Come up with a label like Dr. Vs or Bobby's Appollo Beach Food.
And the symbol has to gave to power plant smoke stacks or your favorite hot rod.
 
Some great tips here. I've been making my food for years. I've been trying to think of a way to finely slice the food to avoid the liquid as I feel it just adds nutrients without much to consume. I did RO/di rinse and press one batch. Came out very clean but was a pain to do.

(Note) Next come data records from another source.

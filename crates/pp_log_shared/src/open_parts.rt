//! What the shared log knows about its uncommitted entries, part by part.
ghost use Rattle.std.specs.Prelude.{◌≡◌, ◌<◌, OnOk, IsTrue, false, List, [], ◌∷◌, ◌++◌, length};
ghost use Rattle.indexmap.specs.IndexMap.{spare};
ghost use Rattle.pp_core.specs.declared.entry.SharedEntry.{SharedEntry as EntryOf};
ghost use Rattle.pp_kind.specs.declared.range.TheConstants.{MOST_OPERATIONS};
ghost use Rattle.pp_log_shared.specs.Blocking.{AllGiveWay};
ghost use Rattle.pp_log_shared.specs.Uncommitted.{KeepsOpen, LeavesOut, LosesOne, Tells};

use crate::numbers::{Numbers, count_less, count_more, numbers_in, numbers_let};
use indexmap::IndexMap;
use indexmap::map::Entry;
use pp_core::{Name, OutOfMemory, SharedEntry};
use pp_kind::{Part, Parted, Samples};
use std::alloc::Global;

/// What is known about the uncommitted entries of one part. The samples represent their operations.
/// If there is none, the owner and the samples are those of earlier ones, and say nothing.
#[derive(Drop)]
pub struct OpenPart<T> {
    /// How many there are.
    pub count: usize,
    pub owner: Name,
    /// Whether all of them are the owner's.
    pub alone: bool,
    pub samples: T,
    /// Their numbers, if these are kept.
    pub numbers: Option<Numbers>,
}

/// What is known if the entry is the only one.
fn first<S: Parted>(alloc: Global, entry: &SharedEntry<S::Op>) -> OpenPart<Samples<S>>
    ensures { Tells S.object S.label_of result (entry.now ∷ []) }
{
    let mut samples = Samples::<S>::new(alloc);
    samples.add(&entry.op);
    OpenPart {
        count: 1,
        owner: entry.owner,
        alone: true,
        samples,
        numbers: None,
    }
}

/// Counts one more entry. If there was none, the count begins again.
fn note<S: Parted>(alloc: Global, slot: &mut OpenPart<Samples<S>>, entry: &SharedEntry<S::Op>)
    requires { slot.old.count < MOST_OPERATIONS }
    ensures { (x : List (EntryOf S.Op)) → Tells S.object S.label_of slot.old x →
        Tells S.object S.label_of slot.new (x ++ entry.now ∷ []) }
{
    if slot.count == 0 {
        *slot = first::<S>(alloc, entry);
        return;
    }
    slot.count += 1;
    slot.alone = slot.alone && slot.owner.same(&entry.owner);
    slot.samples.add(&entry.op);
    count_more::<S>(&mut slot.numbers, entry);
}

/// Leaves one entry out. If it was the last, no numbers are kept.
fn forget<S: Parted>(slot: &mut OpenPart<Samples<S>>, entry: &SharedEntry<S::Op>)
    ensures { (x y : List (EntryOf S.Op)) → Tells S.object S.label_of slot.old x →
        LosesOne entry.now x y → Tells S.object S.label_of slot.new y }
{
    slot.count = slot.count.saturating_sub(1);
    if slot.count == 0 {
        slot.numbers = None;
        return;
    }
    count_less::<S>(&mut slot.numbers, entry);
}

/// Whether numbers are worth keeping, since they may show more than the samples, which leave open
/// whether the entries of others commute with this one. Nothing is promised of it.
fn wants_numbers<S: Parted>(slot: &OpenPart<Samples<S>>, entry: &SharedEntry<S::Op>) -> bool {
    if slot.count == 0 || slot.numbers.is_some() {
        return false;
    }
    if slot.alone && slot.owner.same(&entry.owner) {
        return false;
    }
    !slot.samples.all_before(&entry.op)
}

/// What is known about the uncommitted entries of a log. For each part that has some, or had some:
/// how many there are, whose they are, and operations that represent theirs. Their numbers are kept
/// too, if these do not show that all entries of several owners commute, and the log is long after
/// the settled position. A part keeps its slot when its last entry is left out, since operations
/// come to the same parts again.
#[derive(Drop)]
pub struct OpenParts<S: Parted> {
    pub slots: IndexMap<Part, OpenPart<Samples<S>>>,
    pub alloc: Global,
}

impl<S: Parted> OpenParts<S> {
    /// No entry. It takes no memory.
    pub fn new(alloc: Global) -> Self
        ensures { result.slots.entries ≡ [] }
    {
        OpenParts {
            slots: IndexMap::new(alloc),
            alloc,
        }
    }

    /// Makes room for one more entry. The only error is out of memory.
    pub fn make_room(&mut self) -> Result<(), OutOfMemory>
        ensures same { self.new.slots.entries ≡ self.old.slots.entries }
        ensures room { OnOk result (0 < spare self.new.slots) }
    {
        self.slots.reserve(1)?;
        Ok(())
    }

    /// Adds an entry, for which there is room. Returns whether numbers of its part are worth
    /// keeping; nothing is promised of it.
    pub fn add(&mut self, entry: &SharedEntry<S::Op>) -> bool
        requires room { 0 < spare self.old.slots }
        requires few { (x : List (EntryOf S.Op))
            × KeepsOpen S.object S.label_of S.part_of self.old.slots.entries x
            × (length x < MOST_OPERATIONS) }
        ensures { entry.now.committed ≡ false → (x : List (EntryOf S.Op)) →
            KeepsOpen S.object S.label_of S.part_of self.old.slots.entries x →
            KeepsOpen S.object S.label_of S.part_of self.new.slots.entries (x ++ entry.now ∷ []) }
    {
        let alloc = self.alloc;
        let Ok(slot) = self.slots.entry(S::part(&entry.op)) else {
            unreachable!()
        };
        match slot {
            Entry::Occupied(slot) => {
                let slot = slot.into_mut();
                let wanted = wants_numbers::<S>(slot, entry);
                note::<S>(alloc, slot, entry);
                wanted
            }
            Entry::Vacant(slot) => {
                slot.insert(first::<S>(alloc, entry));
                false
            }
        }
    }

    /// Begins to keep the numbers of an operation's part, which one walk over the entries finds. If
    /// memory runs out none are kept.
    pub fn keep_numbers(&mut self, op: &S::Op, entries: &[SharedEntry<S::Op>])
        ensures { KeepsOpen S.object S.label_of S.part_of self.old.slots.entries entries.now →
            KeepsOpen S.object S.label_of S.part_of self.new.slots.entries entries.now }
    {
        let part = S::part(op);
        let numbers = numbers_in::<S>(self.alloc, entries, part);
        if let Some(slot) = self.slots.get_mut(&part) {
            slot.numbers = numbers;
        }
    }

    /// Leaves out an entry that was committed or taken out. Nothing is known of committed ones.
    pub fn take(&mut self, entry: &SharedEntry<S::Op>)
        ensures { (x y : List (EntryOf S.Op)) →
            KeepsOpen S.object S.label_of S.part_of self.old.slots.entries x →
            LeavesOut S.part_of entry.now x y →
            KeepsOpen S.object S.label_of S.part_of self.new.slots.entries y }
    {
        if entry.committed {
            return;
        }
        if let Some(slot) = self.slots.get_mut(&S::part(&entry.op)) {
            forget::<S>(slot, entry);
        }
    }

    /// Whether each uncommitted entry of another owner is known to change places with the operation
    /// after it. False says nothing.
    pub fn lets(&self, owner: &Name, op: &S::Op) -> bool
        ensures { IsTrue result → (x : List (EntryOf S.Op)) →
            KeepsOpen S.object S.label_of S.part_of self.now.slots.entries x →
            AllGiveWay S.object owner.now op.now x }
    {
        let part = S::part(op);
        let Some(slot) = self.slots.get(&part) else {
            return true;
        };
        if slot.count == 0 {
            return true;
        }
        if slot.alone && slot.owner.same(owner) {
            return true;
        }
        slot.samples.all_before(op) || numbers_let::<S>(&slot.numbers, owner, op)
    }
}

My Recipe is similar, but I am a huge fan of selcon; used it for 8 years and haven't had a single fish die to disease. Only lost fish due to my mistakes, aggression, and a couple refused to eat.
 
Nice diy fish and coral food, careful using bottled or bagged seafood as they contain phosphates or nitrates as a preservative, its the main reason I haven't tried making a few different recipes, that and I don't want to deal with the smell Lol

And sulfites or bleach... Buy fresh and read the labels. I've seen SumthinTriPhosphate as a preservative in prepackaged shrimp. Not sure what the sumthin was but the that's 3 more phosphates than I like to add.
Nice post BobbyV.
 
$ Tip - get your shrimp from a local bait shop - cheaper in most cases.

Jumbos are like $3/dozen. No preservatives and it doesn't get much fresher than live ones.

Rinse them well - a million stressed shrimp in 100 gal of water doesn't make for the most sanitary take home water.